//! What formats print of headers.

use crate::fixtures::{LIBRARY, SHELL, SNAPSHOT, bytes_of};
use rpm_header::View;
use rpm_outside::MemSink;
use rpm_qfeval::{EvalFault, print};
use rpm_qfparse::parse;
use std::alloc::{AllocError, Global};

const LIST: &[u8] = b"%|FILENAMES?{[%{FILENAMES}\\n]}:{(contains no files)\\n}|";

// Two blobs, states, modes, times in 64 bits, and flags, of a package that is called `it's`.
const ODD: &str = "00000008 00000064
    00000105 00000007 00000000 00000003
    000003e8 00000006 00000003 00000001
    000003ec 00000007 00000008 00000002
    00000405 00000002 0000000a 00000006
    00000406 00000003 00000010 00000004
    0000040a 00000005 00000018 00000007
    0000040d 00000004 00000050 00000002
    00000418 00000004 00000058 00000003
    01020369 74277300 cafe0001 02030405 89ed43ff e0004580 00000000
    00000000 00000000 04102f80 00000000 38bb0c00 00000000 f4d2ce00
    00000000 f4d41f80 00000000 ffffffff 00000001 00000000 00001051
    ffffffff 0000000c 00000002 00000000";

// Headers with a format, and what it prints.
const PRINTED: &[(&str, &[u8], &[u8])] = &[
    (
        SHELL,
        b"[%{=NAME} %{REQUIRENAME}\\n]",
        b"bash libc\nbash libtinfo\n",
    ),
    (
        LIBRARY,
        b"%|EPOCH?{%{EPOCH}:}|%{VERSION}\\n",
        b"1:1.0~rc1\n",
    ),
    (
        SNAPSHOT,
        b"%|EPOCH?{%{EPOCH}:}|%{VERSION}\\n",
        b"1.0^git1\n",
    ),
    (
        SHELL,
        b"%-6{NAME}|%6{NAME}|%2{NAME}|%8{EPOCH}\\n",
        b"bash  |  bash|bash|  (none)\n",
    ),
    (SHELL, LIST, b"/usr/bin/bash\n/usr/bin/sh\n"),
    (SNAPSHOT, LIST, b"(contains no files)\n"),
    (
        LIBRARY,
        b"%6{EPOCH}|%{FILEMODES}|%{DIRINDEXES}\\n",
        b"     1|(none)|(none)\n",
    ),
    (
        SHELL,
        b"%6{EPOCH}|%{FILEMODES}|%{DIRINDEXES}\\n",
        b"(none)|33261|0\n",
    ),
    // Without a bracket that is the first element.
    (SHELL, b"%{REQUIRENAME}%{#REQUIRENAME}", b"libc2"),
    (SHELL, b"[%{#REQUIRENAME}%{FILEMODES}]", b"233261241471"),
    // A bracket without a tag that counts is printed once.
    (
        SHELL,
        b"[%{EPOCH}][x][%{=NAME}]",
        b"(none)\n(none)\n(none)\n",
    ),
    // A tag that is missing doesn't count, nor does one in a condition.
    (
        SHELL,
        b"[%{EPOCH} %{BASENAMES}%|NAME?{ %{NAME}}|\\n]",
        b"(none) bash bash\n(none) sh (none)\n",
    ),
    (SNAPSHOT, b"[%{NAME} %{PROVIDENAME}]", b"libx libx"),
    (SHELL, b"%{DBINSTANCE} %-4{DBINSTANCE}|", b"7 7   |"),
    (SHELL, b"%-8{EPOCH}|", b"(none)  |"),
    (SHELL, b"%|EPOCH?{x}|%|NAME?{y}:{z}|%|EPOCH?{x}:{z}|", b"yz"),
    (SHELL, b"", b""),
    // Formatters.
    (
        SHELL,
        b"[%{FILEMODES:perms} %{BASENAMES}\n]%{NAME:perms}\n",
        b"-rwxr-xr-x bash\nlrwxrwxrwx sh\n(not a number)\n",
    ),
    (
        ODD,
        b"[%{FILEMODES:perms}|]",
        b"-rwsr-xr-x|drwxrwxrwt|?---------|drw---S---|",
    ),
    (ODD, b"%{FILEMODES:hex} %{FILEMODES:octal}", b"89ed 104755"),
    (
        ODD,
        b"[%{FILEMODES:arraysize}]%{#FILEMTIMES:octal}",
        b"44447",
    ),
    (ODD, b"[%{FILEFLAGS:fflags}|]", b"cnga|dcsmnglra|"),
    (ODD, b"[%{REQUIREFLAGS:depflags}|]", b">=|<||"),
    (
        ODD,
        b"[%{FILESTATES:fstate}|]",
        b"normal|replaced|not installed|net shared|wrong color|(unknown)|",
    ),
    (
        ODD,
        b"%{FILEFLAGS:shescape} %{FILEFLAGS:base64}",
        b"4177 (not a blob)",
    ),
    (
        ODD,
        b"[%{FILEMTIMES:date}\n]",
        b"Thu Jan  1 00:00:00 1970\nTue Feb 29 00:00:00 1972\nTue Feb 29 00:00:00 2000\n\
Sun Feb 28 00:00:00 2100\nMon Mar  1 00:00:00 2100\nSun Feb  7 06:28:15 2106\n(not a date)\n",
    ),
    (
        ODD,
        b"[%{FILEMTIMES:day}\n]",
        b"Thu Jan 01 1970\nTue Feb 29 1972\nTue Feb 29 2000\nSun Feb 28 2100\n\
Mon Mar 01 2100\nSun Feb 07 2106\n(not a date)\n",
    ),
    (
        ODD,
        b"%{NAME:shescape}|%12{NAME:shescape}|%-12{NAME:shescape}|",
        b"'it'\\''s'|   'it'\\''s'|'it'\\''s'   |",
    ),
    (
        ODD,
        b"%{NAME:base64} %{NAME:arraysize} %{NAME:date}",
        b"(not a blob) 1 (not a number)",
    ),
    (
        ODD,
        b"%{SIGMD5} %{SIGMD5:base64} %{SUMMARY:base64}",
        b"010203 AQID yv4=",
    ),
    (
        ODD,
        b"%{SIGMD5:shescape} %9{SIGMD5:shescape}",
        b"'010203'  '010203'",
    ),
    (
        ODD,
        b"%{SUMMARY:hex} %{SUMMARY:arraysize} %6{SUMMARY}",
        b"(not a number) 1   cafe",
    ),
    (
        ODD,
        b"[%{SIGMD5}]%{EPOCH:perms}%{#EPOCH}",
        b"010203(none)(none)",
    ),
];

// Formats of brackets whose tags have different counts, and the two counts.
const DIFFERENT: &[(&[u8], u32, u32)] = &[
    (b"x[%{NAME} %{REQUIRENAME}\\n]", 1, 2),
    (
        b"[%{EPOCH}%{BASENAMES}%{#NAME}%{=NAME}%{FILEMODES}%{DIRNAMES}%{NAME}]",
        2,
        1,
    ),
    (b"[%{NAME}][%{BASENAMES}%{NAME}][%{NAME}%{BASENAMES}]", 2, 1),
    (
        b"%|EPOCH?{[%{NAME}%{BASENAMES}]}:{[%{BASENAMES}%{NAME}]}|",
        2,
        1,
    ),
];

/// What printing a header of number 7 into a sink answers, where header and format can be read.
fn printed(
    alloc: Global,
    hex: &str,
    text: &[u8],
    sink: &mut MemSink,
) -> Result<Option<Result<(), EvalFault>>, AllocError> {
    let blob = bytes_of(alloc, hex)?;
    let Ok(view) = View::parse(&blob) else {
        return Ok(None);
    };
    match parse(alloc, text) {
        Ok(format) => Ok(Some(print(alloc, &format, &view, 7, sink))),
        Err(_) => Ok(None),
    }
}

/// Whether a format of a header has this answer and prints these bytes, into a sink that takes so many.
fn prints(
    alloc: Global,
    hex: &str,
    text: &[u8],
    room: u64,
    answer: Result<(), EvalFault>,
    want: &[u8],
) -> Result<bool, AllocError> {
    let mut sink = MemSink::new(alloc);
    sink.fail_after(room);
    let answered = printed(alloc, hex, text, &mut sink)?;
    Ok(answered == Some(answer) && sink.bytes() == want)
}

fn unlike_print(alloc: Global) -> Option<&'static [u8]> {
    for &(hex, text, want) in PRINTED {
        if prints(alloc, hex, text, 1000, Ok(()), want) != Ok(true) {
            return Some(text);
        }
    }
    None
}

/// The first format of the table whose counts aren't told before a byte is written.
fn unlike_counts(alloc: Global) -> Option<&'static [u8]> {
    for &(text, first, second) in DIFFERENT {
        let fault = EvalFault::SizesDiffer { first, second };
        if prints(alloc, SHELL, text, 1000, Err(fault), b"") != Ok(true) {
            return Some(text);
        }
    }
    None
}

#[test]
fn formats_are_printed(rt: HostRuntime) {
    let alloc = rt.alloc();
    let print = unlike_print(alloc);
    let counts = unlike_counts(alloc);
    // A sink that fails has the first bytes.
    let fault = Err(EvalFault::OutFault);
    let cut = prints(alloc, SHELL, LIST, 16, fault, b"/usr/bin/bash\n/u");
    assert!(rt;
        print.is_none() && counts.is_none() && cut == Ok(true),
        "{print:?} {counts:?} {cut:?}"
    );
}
************
#### Task prompt
All lines from the one containing "Ok(answered == Some(answer)" to the end of the records are to be duplicated exactly, and no other lines are to be given.

#### Exercise answer
    Ok(answered == Some(answer) && sink.bytes() == want)
}

fn unlike_print(alloc: Global) -> Option<&'static [u8]> {
    for &(hex, text, want) in PRINTED {
        if prints(alloc, hex, text, 1000, Ok(()), want) != Ok(true) {
            return Some(text);
        }
    }
    None
}

/// The first format of the table whose counts aren't told before a byte is written.
fn unlike_counts(alloc: Global) -> Option<&'static [u8]> {
    for &(text, first, second) in DIFFERENT {
        let fault = EvalFault::SizesDiffer { first, second };
        if prints(alloc, SHELL, text, 1000, Err(fault), b"") != Ok(true) {
            return Some(text);
        }
    }
    None
}

#[test]
fn formats_are_printed(rt: HostRuntime) {
    let alloc = rt.alloc();
    let print = unlike_print(alloc);
    let counts = unlike_counts(alloc);
    // A sink that fails has the first bytes.
    let fault = Err(EvalFault::OutFault);
    let cut = prints(alloc, SHELL, LIST, 16, fault, b"/usr/bin/bash\n/u");
    assert!(rt;
        print.is_none() && counts.is_none() && cut == Ok(true),
        "{print:?} {counts:?} {cut:?}"
    );
}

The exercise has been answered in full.